Hematopoietic Stem Cells (HSCs)
HSCs are multipotent cells capable of both self-renewal and differentiation into all blood lineages. In youth, tens of thousands of HSCs cooperate to maintain a balanced production of cell types. They respond to infection, injury, and daily turnover by generating billions of new cells each day. As people age, some stem cells outcompete others, reducing overall diversity and making the system more vulnerable to stress and disease.
Epigenetic Marks and DNA Methylation
DNA methylation is an epigenetic modification where methyl groups attach to cytosine bases in CpG dinucleotides. Two patterns emerge: regulated methylation changes that drive lineage commitment during differentiation, and random, stochastic methylation errors that accumulate over time. These random epimutations can serve as unique identifiers for each cell’s lineage history.
Principles of Clonal Tracing
- Select CpG sites that show stable differentiation patterns to infer cell type and maturation stage.
- Identify stochastic CpG epimutations that occur randomly and uniquely in each cell over its lifetime.
- Combine both datasets to reconstruct clonal lineages: differentiation marks assign cell type, while random epimutations barcode clonal identity.
The EPI-Clone Method
EPI-Clone is built by adapting Mission Bio’s Tapestri single-cell sequencing platform.

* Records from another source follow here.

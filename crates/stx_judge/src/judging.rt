// Whether a scenario that is a value is valid, and else why it isn't.
ghost use Rattle.std.specs.Prelude.{◌≡◌, ◌≢◌, length, take, Some, None, IfOk, IfErr, OnOk};
ghost use Rattle.std.specs.Option.{option_or};
ghost use Rattle.stx_scenario.specs.BuiltIn.{built_in};
ghost use Rattle.stx_scenario.specs.Memory.{no_memory};
ghost use Rattle.stx_refusals.specs.declared.fault.ReadFault.{ReadFault as Fault};
ghost use Rattle.stx_refusals.specs.declared.fault.Stage.{Stage};
ghost use Rattle.stx_refusals.specs.Faults.{first_at as first_of_stage};
ghost use Rattle.stx_judge.specs.Stages.{linked_refusal, looked_up, PlacesQuiet};
ghost use Rattle.stx_judge.specs.Judge.{judged as refusal_of, scenario_faults as faults_of};
ghost use Rattle.stx_base.specs.Valid.{IsShaped, PlacesInOrder};

use crate::arrays::scenario_faults;
use crate::callbacks::callback_fault;
use crate::calls::call_fault;
use crate::classes::class_tree;
use crate::stages::place_fault;
use std::alloc::Global;
use stx_refusals::{ReadFault, Stage, first_at};
use stx_scenario::{NoMemory, Scenario};

/// Whether a scenario is valid: the first stage that refuses anything, at its first place, is the refusal.
pub fn judge(alloc: Global, scenario: &Scenario) -> Result<(), ReadFault>
    requires { IsShaped scenario.now }
    ensures ok { OnOk result (refusal_of scenario.now ≡ None) }
    ensures refused { IfErr result (λ fault. fault ≢ Fault.NoMemory no_memory → refusal_of scenario.now ≡ Some fault) }
{
    match judged(alloc, scenario) {
        Ok(None) => Ok(()),
        Ok(Some(fault)) => Err(fault),
        Err(refused) => Err(ReadFault::NoMemory(refused)),
    }
}

/// The refusal of a scenario, of which only what the stages need is asked.
pub fn judged(alloc: Global, scenario: &Scenario) -> Result<Option<ReadFault>, NoMemory>
    requires { take (length built_in) scenario.now.classes ≡ built_in }
    ensures { IfOk result (λ fault. fault ≡ refusal_of scenario.now) }
{
    let fault = place_fault(alloc, scenario)?;
    or_linked_fault(alloc, scenario, fault)
}

/// The refusal of a scenario whose single places are right: that of the stages from the look-up of names on.
pub fn looked_up_fault(alloc: Global, scenario: &Scenario) -> Result<Option<ReadFault>, NoMemory>
    requires built_in { take (length built_in) scenario.now.classes ≡ built_in }
    requires places { PlacesQuiet scenario.now }
    ensures { IfOk result (λ fault. fault ≡ looked_up scenario.now) }
{
    let fault = unknown_reference(alloc, scenario)?;
    or_linked_fault(alloc, scenario, fault)
}

/// The first place that names nothing.
pub fn unknown_reference(alloc: Global, scenario: &Scenario) -> Result<Option<ReadFault>, NoMemory>
    ensures { IfOk result (λ fault. fault ≡ first_of_stage Stage.UnknownRef (faults_of scenario.now)) }
{
    let faults = scenario_faults(alloc, scenario)?;
    first_at(alloc, Stage::UnknownRef, faults.as_slice())
}

/// This refusal, or else that of the stages that come after single places.
fn or_linked_fault(
    alloc: Global,
    scenario: &Scenario,
    fault: Option<ReadFault>,
) -> Result<Option<ReadFault>, NoMemory>
    requires built_in { take (length built_in) scenario.now.classes ≡ built_in }
    requires order { fault ≡ None → PlacesInOrder scenario.now }
    ensures { IfOk result (λ first. first ≡ option_or fault (linked_refusal scenario.now)) }
{
    match fault {
        Some(fault) => Ok(Some(fault)),
        None => linked_fault(alloc, scenario),
    }
}

/// The refusal of the stages that look at how classes, callbacks and calls hang together.
fn linked_fault(alloc: Global, scenario: &Scenario) -> Result<Option<ReadFault>, NoMemory>
    requires built_in { take (length built_in) scenario.now.classes ≡ built_in }
    requires order { PlacesInOrder scenario.now }
    ensures { IfOk result (λ fault. fault ≡ linked_refusal scenario.now) }
{
    let tree = match class_tree(alloc, scenario)? {
        Ok(tree) => tree,
        Err(fault) => return Ok(Some(fault)),
    };
    if let Some(fault) = callback_fault(alloc, scenario, &tree)? {
        return Ok(Some(fault));
    }
    let fault = call_fault(alloc, scenario)?;
    Ok(fault)
}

It targets hundreds of CpG positions in each cell, reads both differentiation-associated and stochastic methylation states, and then uses computational algorithms to extract digital barcodes. Researchers applied EPI-Clone to mouse and human blood samples, capturing over 230,000 single-cell methylation profiles and mapping how individual stem cell clones contribute to blood production over time.
Implications for Longevity Science
Age-related loss of HSC diversity and expansion of myeloid-biased clones underlie inflammaging and increase risks of cardiovascular disease, stroke, and blood cancers. By precisely tracking clonal dynamics, EPI-Clone offers a tool to monitor blood aging, evaluate interventions, and develop targeted therapies that restore healthy stem cell diversity, ultimately improving immune resilience and longevity.